(Dataset items)
--*--
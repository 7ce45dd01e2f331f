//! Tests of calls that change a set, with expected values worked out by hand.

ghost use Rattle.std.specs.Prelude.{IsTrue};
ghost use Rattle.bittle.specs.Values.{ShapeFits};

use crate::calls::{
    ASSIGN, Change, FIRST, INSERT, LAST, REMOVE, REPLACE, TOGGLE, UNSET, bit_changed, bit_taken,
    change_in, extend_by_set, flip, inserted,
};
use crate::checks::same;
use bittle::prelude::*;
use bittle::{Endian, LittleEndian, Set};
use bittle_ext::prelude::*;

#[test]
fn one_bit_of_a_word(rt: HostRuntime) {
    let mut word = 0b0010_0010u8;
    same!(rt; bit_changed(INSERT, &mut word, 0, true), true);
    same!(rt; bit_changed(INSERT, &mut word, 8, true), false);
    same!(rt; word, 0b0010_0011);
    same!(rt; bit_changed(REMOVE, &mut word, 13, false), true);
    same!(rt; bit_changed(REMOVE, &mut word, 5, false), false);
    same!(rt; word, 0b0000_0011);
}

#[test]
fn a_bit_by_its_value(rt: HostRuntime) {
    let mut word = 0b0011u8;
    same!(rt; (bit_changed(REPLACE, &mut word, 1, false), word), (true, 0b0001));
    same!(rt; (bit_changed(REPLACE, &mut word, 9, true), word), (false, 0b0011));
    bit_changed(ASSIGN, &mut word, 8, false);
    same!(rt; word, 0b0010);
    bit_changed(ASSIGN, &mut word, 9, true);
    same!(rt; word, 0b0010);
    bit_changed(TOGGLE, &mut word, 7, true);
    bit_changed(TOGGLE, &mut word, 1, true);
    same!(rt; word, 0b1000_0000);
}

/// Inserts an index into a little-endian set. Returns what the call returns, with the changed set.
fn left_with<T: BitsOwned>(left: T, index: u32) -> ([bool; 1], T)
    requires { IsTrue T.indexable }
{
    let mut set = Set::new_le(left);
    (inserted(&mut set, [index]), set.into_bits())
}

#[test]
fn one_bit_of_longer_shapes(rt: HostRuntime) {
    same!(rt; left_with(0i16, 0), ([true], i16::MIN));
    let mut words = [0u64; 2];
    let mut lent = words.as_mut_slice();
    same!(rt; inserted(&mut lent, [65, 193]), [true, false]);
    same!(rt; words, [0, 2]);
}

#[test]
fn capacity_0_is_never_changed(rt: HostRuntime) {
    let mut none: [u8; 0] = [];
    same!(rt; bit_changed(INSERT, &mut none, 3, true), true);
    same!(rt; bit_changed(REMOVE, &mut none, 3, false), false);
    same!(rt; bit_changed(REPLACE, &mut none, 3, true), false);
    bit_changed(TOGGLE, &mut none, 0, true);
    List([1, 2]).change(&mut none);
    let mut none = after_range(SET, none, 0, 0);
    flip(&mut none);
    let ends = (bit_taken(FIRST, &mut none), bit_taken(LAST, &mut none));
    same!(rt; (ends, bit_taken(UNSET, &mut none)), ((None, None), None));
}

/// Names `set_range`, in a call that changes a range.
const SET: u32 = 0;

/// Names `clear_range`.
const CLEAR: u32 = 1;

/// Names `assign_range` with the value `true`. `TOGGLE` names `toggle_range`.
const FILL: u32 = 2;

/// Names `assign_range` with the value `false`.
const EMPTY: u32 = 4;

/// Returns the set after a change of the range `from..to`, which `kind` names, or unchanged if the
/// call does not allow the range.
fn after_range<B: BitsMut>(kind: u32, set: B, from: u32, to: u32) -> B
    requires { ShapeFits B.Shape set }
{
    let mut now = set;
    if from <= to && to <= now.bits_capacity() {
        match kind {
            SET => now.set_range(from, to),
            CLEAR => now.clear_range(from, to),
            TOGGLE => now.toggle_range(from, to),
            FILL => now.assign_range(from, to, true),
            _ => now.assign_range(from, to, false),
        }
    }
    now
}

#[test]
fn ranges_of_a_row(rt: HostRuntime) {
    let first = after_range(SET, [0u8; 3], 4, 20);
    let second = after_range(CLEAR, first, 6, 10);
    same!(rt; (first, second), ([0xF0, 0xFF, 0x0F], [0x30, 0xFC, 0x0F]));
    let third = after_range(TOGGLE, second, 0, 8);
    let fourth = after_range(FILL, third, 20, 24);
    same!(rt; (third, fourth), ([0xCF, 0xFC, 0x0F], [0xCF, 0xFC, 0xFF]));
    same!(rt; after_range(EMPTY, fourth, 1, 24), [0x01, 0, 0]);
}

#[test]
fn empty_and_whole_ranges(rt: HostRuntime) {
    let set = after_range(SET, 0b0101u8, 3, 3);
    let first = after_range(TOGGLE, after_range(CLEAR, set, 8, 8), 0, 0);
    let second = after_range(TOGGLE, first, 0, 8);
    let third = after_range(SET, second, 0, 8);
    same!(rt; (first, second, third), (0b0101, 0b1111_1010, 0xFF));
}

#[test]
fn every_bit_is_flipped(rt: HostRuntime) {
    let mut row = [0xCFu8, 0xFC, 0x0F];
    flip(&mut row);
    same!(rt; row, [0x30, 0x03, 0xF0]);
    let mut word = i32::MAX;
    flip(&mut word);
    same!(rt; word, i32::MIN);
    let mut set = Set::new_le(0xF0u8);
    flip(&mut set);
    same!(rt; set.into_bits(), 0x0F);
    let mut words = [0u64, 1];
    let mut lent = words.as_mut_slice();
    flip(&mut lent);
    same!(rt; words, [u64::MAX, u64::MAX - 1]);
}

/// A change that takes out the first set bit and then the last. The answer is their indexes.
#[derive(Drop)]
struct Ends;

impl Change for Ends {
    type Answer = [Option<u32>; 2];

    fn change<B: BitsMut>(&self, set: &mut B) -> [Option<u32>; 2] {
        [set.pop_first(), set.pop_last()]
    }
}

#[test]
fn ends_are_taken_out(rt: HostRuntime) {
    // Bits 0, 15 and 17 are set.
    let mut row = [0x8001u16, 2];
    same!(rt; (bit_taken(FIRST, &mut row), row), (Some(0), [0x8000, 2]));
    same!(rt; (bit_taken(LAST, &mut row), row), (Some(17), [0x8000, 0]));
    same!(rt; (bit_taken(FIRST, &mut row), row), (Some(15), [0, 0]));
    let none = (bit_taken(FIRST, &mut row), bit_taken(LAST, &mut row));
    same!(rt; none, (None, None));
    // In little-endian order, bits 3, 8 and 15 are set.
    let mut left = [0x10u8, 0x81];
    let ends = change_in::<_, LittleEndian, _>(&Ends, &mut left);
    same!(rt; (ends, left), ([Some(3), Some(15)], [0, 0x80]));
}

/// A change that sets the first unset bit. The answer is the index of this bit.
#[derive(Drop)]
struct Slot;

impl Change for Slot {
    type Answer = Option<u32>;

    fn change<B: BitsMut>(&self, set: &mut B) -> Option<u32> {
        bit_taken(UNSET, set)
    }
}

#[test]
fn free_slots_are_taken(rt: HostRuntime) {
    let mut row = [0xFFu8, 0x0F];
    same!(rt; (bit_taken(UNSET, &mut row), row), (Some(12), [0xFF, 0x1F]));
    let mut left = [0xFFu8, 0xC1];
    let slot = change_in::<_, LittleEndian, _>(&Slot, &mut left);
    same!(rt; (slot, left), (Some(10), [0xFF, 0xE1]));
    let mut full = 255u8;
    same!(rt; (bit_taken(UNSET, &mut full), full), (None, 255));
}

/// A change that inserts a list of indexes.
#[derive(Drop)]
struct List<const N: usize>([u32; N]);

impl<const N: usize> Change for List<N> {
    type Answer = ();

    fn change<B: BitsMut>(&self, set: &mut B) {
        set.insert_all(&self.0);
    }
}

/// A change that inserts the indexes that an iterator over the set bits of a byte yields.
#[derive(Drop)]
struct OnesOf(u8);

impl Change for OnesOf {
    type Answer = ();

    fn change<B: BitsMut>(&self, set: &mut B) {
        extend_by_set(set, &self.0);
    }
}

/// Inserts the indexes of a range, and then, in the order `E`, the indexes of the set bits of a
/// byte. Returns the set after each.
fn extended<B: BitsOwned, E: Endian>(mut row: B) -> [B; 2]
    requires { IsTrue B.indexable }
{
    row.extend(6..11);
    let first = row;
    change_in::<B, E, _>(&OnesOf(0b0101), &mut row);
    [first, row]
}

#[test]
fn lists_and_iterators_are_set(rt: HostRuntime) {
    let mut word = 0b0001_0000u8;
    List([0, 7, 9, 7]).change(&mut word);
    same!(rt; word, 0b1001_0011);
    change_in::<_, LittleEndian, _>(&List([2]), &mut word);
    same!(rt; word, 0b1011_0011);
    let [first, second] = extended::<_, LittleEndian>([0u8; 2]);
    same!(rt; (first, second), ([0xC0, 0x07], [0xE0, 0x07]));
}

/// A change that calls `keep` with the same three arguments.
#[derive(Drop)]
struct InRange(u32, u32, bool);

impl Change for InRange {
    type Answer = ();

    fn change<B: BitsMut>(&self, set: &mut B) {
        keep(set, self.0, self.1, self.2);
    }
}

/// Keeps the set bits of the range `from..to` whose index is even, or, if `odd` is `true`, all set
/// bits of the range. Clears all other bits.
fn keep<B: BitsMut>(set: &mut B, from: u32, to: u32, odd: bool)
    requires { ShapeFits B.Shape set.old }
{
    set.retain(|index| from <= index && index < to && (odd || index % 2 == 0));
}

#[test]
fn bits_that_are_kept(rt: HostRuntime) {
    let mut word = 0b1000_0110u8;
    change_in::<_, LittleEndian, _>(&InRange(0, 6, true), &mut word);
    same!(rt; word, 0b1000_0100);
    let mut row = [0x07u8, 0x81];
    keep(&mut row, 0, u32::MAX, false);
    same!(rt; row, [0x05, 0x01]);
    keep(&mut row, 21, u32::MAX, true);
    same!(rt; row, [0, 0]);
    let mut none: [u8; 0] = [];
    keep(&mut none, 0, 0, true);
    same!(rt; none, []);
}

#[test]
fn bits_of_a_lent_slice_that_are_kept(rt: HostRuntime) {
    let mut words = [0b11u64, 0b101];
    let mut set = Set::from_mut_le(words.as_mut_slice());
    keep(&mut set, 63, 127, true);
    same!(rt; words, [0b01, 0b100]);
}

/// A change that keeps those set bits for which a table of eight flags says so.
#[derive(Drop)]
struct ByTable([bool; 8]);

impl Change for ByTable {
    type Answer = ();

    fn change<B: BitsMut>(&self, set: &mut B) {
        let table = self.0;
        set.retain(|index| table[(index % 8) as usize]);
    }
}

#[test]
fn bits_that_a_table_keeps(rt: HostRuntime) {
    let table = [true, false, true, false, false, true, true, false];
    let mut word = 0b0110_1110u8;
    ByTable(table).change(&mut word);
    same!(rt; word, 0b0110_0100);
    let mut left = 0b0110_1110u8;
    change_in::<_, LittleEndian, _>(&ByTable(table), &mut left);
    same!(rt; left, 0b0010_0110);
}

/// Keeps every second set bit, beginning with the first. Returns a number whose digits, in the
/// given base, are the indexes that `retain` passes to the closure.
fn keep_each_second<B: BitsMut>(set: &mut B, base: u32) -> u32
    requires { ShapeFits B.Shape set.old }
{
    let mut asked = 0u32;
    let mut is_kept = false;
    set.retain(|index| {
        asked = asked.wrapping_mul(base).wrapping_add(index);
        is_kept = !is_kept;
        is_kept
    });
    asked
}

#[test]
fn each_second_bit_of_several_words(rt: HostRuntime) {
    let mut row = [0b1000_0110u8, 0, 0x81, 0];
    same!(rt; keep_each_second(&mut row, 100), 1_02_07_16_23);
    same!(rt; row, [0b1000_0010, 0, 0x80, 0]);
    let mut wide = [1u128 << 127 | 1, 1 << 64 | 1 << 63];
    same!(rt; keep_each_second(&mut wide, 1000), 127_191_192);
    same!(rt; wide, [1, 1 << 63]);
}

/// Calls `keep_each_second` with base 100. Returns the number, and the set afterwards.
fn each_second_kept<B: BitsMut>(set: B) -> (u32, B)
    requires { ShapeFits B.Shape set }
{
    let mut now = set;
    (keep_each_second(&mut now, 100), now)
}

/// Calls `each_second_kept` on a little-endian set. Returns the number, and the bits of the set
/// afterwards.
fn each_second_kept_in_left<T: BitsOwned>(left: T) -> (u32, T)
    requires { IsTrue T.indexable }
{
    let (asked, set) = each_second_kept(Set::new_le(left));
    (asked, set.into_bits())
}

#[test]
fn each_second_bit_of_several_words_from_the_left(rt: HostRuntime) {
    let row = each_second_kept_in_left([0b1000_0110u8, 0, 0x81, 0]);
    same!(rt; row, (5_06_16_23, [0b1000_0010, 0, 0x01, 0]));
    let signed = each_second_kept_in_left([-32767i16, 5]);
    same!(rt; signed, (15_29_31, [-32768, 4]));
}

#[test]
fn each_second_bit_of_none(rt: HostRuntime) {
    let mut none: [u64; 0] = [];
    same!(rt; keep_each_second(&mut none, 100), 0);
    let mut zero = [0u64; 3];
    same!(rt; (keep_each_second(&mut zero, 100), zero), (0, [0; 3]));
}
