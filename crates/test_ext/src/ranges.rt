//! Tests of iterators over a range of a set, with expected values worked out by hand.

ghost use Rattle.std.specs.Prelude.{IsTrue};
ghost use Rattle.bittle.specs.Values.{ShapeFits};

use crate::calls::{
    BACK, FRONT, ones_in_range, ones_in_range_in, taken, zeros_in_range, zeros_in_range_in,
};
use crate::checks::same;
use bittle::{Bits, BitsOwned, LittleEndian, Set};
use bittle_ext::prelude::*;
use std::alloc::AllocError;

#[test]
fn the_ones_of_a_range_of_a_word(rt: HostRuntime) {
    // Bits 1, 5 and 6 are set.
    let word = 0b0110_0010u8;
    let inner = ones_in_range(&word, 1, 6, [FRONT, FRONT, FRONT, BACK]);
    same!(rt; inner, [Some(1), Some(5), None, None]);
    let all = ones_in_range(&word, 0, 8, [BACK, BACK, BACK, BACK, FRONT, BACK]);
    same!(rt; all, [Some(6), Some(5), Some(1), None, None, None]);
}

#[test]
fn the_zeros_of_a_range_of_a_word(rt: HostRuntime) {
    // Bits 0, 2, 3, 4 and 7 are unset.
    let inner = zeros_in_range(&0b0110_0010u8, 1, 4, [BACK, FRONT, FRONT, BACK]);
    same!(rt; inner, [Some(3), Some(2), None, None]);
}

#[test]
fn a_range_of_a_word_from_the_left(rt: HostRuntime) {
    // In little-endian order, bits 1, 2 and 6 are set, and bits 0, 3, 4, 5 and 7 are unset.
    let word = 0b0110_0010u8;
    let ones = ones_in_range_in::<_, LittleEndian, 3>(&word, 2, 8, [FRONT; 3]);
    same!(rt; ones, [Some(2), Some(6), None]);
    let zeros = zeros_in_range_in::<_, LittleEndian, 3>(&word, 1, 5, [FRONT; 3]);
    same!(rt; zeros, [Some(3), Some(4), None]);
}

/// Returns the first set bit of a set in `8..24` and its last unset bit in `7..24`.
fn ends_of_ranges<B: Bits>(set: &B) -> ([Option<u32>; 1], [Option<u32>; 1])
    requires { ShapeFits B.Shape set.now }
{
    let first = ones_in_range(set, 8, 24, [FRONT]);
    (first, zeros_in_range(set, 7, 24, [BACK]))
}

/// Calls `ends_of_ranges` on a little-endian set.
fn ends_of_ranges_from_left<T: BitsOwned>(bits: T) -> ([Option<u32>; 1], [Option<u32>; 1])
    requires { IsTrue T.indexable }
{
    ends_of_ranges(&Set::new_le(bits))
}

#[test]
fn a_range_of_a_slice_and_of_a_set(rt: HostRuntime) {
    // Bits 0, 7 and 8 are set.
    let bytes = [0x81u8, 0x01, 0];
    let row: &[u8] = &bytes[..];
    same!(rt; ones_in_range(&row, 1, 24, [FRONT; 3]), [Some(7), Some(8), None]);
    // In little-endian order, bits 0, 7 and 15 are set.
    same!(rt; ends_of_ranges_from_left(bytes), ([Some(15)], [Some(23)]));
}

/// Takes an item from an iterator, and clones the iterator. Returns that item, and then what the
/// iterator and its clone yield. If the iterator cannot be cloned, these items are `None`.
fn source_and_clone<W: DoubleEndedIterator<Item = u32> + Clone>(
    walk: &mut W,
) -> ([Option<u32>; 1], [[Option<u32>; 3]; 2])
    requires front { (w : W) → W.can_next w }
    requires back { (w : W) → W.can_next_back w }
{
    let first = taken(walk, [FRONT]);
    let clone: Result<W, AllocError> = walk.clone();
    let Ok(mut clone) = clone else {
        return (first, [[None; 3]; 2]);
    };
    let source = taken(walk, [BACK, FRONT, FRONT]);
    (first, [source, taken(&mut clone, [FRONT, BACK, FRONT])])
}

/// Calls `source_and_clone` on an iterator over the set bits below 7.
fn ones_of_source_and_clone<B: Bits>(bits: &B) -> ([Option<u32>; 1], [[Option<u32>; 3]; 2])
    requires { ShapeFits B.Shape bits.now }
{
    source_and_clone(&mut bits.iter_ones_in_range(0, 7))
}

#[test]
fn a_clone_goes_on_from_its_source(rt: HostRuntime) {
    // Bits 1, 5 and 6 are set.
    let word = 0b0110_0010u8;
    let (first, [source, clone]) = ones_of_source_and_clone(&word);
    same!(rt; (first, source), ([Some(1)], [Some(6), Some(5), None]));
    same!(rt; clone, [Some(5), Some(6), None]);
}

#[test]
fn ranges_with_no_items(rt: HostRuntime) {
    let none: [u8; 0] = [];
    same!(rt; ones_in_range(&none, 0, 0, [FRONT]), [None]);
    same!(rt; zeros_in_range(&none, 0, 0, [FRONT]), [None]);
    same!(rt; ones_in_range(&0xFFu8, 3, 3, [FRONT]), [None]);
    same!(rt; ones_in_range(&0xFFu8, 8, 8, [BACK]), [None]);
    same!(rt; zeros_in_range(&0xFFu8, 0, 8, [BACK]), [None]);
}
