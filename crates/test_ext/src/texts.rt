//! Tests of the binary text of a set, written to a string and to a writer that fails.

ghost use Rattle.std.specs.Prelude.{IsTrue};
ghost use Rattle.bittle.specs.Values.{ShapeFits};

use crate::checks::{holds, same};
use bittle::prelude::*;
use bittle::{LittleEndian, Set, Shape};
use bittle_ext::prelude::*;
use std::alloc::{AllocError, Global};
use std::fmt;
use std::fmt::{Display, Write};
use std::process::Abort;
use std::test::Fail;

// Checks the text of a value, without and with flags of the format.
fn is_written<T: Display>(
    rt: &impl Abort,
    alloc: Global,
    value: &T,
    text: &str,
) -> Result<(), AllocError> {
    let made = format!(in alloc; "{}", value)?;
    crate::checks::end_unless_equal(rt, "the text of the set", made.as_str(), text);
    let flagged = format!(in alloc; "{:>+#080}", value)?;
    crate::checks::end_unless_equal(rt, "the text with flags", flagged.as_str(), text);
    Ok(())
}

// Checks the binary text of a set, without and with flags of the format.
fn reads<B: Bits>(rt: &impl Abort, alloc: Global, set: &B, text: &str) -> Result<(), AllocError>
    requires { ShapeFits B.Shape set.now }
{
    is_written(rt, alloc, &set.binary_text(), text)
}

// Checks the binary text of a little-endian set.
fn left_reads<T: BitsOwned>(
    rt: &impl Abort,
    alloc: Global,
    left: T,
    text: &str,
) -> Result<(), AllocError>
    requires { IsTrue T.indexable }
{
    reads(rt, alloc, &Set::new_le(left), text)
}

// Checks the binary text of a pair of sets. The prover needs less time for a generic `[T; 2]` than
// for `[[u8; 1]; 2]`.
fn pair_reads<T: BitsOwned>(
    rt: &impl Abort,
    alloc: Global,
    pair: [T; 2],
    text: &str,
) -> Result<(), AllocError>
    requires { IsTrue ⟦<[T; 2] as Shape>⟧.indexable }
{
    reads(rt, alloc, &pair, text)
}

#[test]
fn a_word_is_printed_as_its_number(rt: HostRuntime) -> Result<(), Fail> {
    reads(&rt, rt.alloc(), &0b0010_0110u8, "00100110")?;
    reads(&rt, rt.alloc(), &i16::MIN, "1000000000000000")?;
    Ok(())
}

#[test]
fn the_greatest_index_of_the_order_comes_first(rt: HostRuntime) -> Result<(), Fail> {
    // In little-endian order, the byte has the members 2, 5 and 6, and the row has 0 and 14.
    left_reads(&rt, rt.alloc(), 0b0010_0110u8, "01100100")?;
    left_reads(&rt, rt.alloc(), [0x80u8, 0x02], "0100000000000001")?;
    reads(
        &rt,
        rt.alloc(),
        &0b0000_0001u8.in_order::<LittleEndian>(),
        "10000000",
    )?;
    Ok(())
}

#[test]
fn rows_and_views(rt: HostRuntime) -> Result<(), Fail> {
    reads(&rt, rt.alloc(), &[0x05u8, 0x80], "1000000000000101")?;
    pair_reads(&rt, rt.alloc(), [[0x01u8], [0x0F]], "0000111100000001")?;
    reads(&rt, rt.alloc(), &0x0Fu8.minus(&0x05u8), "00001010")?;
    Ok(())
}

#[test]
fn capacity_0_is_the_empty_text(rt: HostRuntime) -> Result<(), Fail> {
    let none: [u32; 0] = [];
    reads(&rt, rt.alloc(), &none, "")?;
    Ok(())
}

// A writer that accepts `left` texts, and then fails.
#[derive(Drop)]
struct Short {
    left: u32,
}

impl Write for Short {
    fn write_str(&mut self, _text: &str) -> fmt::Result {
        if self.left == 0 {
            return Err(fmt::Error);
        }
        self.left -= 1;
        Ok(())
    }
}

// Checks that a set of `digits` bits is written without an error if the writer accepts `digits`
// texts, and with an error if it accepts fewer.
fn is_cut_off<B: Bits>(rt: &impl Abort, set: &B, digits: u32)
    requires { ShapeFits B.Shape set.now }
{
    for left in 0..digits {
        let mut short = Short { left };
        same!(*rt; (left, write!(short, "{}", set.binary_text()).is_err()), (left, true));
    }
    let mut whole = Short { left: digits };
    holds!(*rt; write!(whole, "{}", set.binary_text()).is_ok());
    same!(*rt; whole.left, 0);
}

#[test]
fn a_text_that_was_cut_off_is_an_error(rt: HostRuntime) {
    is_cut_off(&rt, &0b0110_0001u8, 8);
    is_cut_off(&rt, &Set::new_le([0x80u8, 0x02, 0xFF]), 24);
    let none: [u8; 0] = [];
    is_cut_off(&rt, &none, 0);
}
--*--
Activity: Every line above from the line with "(Some(0), [0x8000, 2]));" to the line with "type Answer = Option<u32>;", inclusive, must be returned exactly; no other line belongs in the reply.

Result below:
    same!(rt; (bit_taken(FIRST, &mut row), row), (Some(0), [0x8000, 2]));
    same!(rt; (bit_taken(LAST, &mut row), row), (Some(17), [0x8000, 0]));
    same!(rt; (bit_taken(FIRST, &mut row), row), (Some(15), [0, 0]));
    let none = (bit_taken(FIRST, &mut row), bit_taken(LAST, &mut row));
    same!(rt; none, (None, None));
    // In little-endian order, bits 3, 8 and 15 are set.
    let mut left = [0x10u8, 0x81];
    let ends = change_in::<_, LittleEndian, _>(&Ends, &mut left);
    same!(rt; (ends, left), ([Some(3), Some(15)], [0, 0x80]));
}

/// A change that sets the first unset bit. The answer is the index of this bit.
#[derive(Drop)]
struct Slot;

impl Change for Slot {
    type Answer = Option<u32>;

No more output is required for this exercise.